Well, I guess it's decided then. The Barbershop it is.

Thanks, ElectricMojo!


----------



## Jeff B. (Feb 20, 2010)

IIRC traynorgarnet on this forum has/had one and may be able to provide some firsthand insight to it. Lots of people speak quite highly of it and Guillaume is quite clever in his circuits designs and layout. 
I'd say go for it.


----------



## hardasmum (Apr 23, 2008)

I purchased a Barbershop from a forum member on a whim and it's become my favourite overdrive pedal. I use it as a lead boost for my dirty amp setup and run that way it is very transparent.

For recording I use it as my dirty pedal ahead of my clean Champ clone. It won out against several other contenders while tracking some songs a few months ago. To my ears it has a very unique flavour to it.

Certainly not a one trick pony.


----------



## Tarbender (Apr 7, 2006)

Next to my Timmy, it's the most used pedal I have. Can't say enough nice things about it.


----------



## closetmonster. (Nov 26, 2009)

Thanks for all the help folks. I have decided to purchase a Barbershop from ElectricMojo.

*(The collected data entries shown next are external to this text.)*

//! What a job holds, and its run.

ghost use Rattle.std.specs.Prelude.{◌≡◌, IfOk, OnErr, Some};
ghost use Rattle.scheduler.specs.JobRuns.{LocksTouched, ComesOf};

use interp::{Effect, Entry, run};
use meaning::Outcome;
use row_store::Loan;
use std::alloc::Global;
use std::marker::Model;
use values::NoMemory;

/// What a job holds: the number of a transaction, its entry, and a loan of the rows that its plan locks.
#[derive(Drop)]
pub(crate) struct Parts {
    alloc: Global,
    no: u64,
    entry: Entry,
    loan: Loan,
}

impl Model for Parts {
    ghost use Rattle.std.specs.Prelude.{◌≡◌};
    ghost use Rattle.scheduler.specs.JobRuns.{JobOf, job_code, LocksTouched};

    ghost Value = { JobOf };

    ghost coded = { job_code };

    ghost view = { λ j. record { no = j.no; entry = j.entry; loan = j.loan } };

    ghost invariant = { λ j. (j.entry.request.proc.tables ≡ j.loan.tables) × LocksTouched j.entry j.loan };
}

impl Parts {
    /// These. The entry is over the loan's tables, and the loan's plan locks each row name that it may touch.
    pub(crate) fn new(alloc: Global, no: u64, entry: Entry, loan: Loan) -> Parts
        requires tables { entry.request.proc.tables ≡ loan.tables }
        requires locks { LocksTouched entry loan }
        ensures { result ≡ record { no = no; entry = entry; loan = loan } }
    {
        Parts {
            alloc,
            no,
            entry,
            loan,
        }
    }

    /// The transaction's number.
    pub(crate) fn no(&self) -> u64
        ensures { result ≡ self.now.no }
    {
        self.no
    }

    /// The entry.
    pub(crate) fn entry(&self) -> &Entry
        ensures { result.now ≡ self.now.entry }
    {
        &self.entry
    }

    /// The loan.
    pub(crate) fn into_loan(self) -> Loan
        ensures { result ≡ self.loan }
    {
        let Parts { loan, .. } = self;
        loan
    }

    /// Runs the entry on the loan, and makes its writes there.
    pub(crate) fn run_on_loan(&mut self) -> Result<Outcome, NoMemory>
        ensures err { OnErr result (self.new ≡ self.old) }
        ensures run { IfOk result (λ outcome. ComesOf self.old (Some outcome) self.new) }
    {
        let Effect { outcome, writes } = run(
            self.alloc,
            self.loan.catalogue(),
            &self.entry,
            &self.loan,
        )?;
        self.loan.apply(writes)?;
        Ok(outcome)
    }
}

I'll post pics of my new setup once the pedal has arrived.


----------



## mhammer (Nov 30, 2007)

I've met with Guillaume and his brother Olivier on several occasions (they're over in Gatineau, not far from here). Both true gentlemen. Olivier is more demonstrably interested in synthesis than Guillaume, but I think it would be fair to say that Guillaume approaches pedal design more from a synthesis basis than many others do. I don't know if it was a deliberate marketing subtext, rather than a simple cost-effective choice in method, but certainly the use of stamped legending bespeaks an approach that is refreshingly practical.


----------



## traynor_garnet (Feb 22, 2006)

Jeff B. said:


> IIRC traynorgarnet on this forum has/had one and may be able to provide some firsthand insight to it.


Check out this thread: http://www.guitarscanada.com/effect...ave-ever-heard-goodbye-attenuators-pedal.html

It is an amazing pedal. I still really like what it does to the high end. It is still transparent (you don't get the "oh, I just turned on a pedal" sound that totally changes your amp) but it does something nice to the highs. Not a direct replacement for my Timmy, but still great and in the same family of pedals.

TG


----------



## b-nads (Apr 9, 2010)

I went to Moog today with plans to buy a compressor. I brought my Timmy along because the guys hadn't tried one out yet. After I went through every comp in the store with nothing really getting what i wanted, I plugged in the Timmy for a run. While playing it, Andrew brougt over this distressed looking grey box and told me I had to give it a try. I played it for two minutes nd bought it on the spot - simply the sweetest sounding od I've ever heard. I have mine rolled back to 9:30 on the gain, 1:30 on the sag, and just above unity on the volume. It livened up my amp so much I have it on all the time for a little rounder, fuller, sweeter sound with a hint of hair on it. I was planning to sell Timmy...then I used it to boost the BSOD - oh my dumble God! This pedal is an instant classic, IMHO. Unbelievable sounding.


----------



## ElectricMojo (May 19, 2011)

Glad you're liking the BarberShop b-nads! It's an amazing pedal!


----------



## Intrepid (Oct 9, 2008)

b-nads said:


> This pedal is an instant classic, IMHO. Unbelievable sounding.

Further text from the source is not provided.